■ What is expected: All that is wanted is a word-for-word copy of the data from its first line to the line containing "table.old term.0) ≡", both included.

Saved data entries:
BEGIN

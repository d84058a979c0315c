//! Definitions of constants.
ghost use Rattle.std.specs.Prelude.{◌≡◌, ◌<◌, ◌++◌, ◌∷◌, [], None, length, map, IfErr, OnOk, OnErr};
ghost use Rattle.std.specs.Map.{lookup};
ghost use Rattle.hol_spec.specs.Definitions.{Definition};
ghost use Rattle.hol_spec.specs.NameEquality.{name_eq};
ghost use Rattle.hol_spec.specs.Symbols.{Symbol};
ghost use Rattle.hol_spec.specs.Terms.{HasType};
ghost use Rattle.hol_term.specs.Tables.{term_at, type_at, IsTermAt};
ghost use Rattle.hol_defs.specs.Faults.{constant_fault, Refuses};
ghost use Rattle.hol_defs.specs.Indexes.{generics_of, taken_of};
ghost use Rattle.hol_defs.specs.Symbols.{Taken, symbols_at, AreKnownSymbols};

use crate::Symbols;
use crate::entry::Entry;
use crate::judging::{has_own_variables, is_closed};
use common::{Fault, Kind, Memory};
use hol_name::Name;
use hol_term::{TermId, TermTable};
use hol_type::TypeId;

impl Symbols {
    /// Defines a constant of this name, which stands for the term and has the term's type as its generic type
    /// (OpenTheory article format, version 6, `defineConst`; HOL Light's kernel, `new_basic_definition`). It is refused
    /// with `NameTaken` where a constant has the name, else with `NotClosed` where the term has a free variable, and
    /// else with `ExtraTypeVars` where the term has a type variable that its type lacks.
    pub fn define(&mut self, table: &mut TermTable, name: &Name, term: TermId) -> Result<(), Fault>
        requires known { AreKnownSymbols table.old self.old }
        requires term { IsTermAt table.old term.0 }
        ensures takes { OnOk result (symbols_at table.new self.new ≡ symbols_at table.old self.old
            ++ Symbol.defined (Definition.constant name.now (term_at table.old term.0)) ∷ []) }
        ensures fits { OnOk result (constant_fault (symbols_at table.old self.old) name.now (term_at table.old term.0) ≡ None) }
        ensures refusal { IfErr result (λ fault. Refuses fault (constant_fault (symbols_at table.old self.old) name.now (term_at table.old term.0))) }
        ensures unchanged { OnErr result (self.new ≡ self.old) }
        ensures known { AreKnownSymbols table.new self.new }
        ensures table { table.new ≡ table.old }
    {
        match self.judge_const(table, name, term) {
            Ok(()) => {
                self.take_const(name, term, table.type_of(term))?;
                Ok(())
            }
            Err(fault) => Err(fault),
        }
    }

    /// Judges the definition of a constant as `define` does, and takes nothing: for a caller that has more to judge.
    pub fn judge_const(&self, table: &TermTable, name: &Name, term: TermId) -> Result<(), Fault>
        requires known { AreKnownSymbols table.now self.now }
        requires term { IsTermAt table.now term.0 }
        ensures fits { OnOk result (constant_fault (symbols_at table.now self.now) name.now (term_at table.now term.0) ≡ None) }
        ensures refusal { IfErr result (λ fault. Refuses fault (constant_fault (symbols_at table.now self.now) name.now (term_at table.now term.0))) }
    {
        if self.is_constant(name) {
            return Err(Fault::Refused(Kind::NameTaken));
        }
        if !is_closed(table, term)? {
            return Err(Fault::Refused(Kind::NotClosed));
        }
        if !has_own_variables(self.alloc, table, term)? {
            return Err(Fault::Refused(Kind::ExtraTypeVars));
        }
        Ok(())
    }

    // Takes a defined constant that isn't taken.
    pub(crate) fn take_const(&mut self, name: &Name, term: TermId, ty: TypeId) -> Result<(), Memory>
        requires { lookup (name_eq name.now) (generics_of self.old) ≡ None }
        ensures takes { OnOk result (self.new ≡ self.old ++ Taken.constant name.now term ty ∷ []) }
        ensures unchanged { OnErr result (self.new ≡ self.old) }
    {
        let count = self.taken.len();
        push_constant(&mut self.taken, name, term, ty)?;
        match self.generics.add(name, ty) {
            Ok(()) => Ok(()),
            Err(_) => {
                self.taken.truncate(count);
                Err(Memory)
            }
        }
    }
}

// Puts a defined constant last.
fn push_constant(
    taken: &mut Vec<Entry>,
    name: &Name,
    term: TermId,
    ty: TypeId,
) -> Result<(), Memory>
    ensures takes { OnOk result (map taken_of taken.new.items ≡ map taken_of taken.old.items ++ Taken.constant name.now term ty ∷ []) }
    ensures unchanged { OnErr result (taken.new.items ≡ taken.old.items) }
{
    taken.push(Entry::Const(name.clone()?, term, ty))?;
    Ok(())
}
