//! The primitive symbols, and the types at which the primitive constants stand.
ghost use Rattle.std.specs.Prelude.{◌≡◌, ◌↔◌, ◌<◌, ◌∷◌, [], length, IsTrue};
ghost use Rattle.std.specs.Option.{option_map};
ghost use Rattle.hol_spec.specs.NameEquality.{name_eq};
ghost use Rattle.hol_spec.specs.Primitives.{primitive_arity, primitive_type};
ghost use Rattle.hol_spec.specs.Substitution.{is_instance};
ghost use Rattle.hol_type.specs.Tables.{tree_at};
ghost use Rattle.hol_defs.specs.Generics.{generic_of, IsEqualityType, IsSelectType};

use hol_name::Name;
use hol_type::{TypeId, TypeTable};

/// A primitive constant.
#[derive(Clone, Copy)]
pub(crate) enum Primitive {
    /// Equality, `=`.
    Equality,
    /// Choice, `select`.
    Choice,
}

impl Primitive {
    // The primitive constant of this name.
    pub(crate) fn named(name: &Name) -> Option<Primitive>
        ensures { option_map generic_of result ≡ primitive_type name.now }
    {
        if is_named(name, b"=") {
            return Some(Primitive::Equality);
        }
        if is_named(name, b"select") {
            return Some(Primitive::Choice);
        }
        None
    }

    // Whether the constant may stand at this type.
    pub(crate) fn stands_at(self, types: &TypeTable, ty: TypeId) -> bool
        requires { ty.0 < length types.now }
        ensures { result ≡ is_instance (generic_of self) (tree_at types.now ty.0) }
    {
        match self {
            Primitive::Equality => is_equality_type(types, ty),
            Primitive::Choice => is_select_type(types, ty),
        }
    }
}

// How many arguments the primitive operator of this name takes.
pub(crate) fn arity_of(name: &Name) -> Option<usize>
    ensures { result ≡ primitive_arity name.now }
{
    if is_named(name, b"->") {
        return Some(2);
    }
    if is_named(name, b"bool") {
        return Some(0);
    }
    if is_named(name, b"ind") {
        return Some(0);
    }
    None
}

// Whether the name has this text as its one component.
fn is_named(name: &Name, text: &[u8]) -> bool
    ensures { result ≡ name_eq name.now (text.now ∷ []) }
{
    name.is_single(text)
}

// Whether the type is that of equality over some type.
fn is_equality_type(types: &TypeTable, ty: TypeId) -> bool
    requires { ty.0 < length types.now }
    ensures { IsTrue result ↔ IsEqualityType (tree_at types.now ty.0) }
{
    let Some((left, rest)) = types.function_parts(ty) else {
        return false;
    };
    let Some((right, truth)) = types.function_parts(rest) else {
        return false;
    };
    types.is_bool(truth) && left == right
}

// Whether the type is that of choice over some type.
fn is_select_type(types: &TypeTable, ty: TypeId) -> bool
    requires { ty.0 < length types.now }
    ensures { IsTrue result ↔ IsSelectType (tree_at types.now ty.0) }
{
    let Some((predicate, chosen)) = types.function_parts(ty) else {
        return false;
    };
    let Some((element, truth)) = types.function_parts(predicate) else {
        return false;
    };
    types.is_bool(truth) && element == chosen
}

END

■ Result for this exercise:
repository d84058a979c0315c
//! Definitions of constants.
ghost use Rattle.std.specs.Prelude.{◌≡◌, ◌<◌, ◌++◌, ◌∷◌, [], None, length, map, IfErr, OnOk, OnErr};
ghost use Rattle.std.specs.Map.{lookup};
ghost use Rattle.hol_spec.specs.Definitions.{Definition};
ghost use Rattle.hol_spec.specs.NameEquality.{name_eq};
ghost use Rattle.hol_spec.specs.Symbols.{Symbol};
ghost use Rattle.hol_spec.specs.Terms.{HasType};
ghost use Rattle.hol_term.specs.Tables.{term_at, type_at, IsTermAt};
ghost use Rattle.hol_defs.specs.Faults.{constant_fault, Refuses};
ghost use Rattle.hol_defs.specs.Indexes.{generics_of, taken_of};
ghost use Rattle.hol_defs.specs.Symbols.{Taken, symbols_at, AreKnownSymbols};

use crate::Symbols;
use crate::entry::Entry;
use crate::judging::{has_own_variables, is_closed};
use common::{Fault, Kind, Memory};
use hol_name::Name;
use hol_term::{TermId, TermTable};
use hol_type::TypeId;

impl Symbols {
    /// Defines a constant of this name, which stands for the term and has the term's type as its generic type
    /// (OpenTheory article format, version 6, `defineConst`; HOL Light's kernel, `new_basic_definition`). It is refused
    /// with `NameTaken` where a constant has the name, else with `NotClosed` where the term has a free variable, and
    /// else with `ExtraTypeVars` where the term has a type variable that its type lacks.
    pub fn define(&mut self, table: &mut TermTable, name: &Name, term: TermId) -> Result<(), Fault>
        requires known { AreKnownSymbols table.old self.old }
        requires term { IsTermAt table.old term.0 }
        ensures takes { OnOk result (symbols_at table.new self.new ≡ symbols_at table.old self.old
            ++ Symbol.defined (Definition.constant name.now (term_at table.old term.0)) ∷ []) }
        ensures fits { OnOk result (constant_fault (symbols_at table.old self.old) name.now (term_at table.old term.0) ≡ None) }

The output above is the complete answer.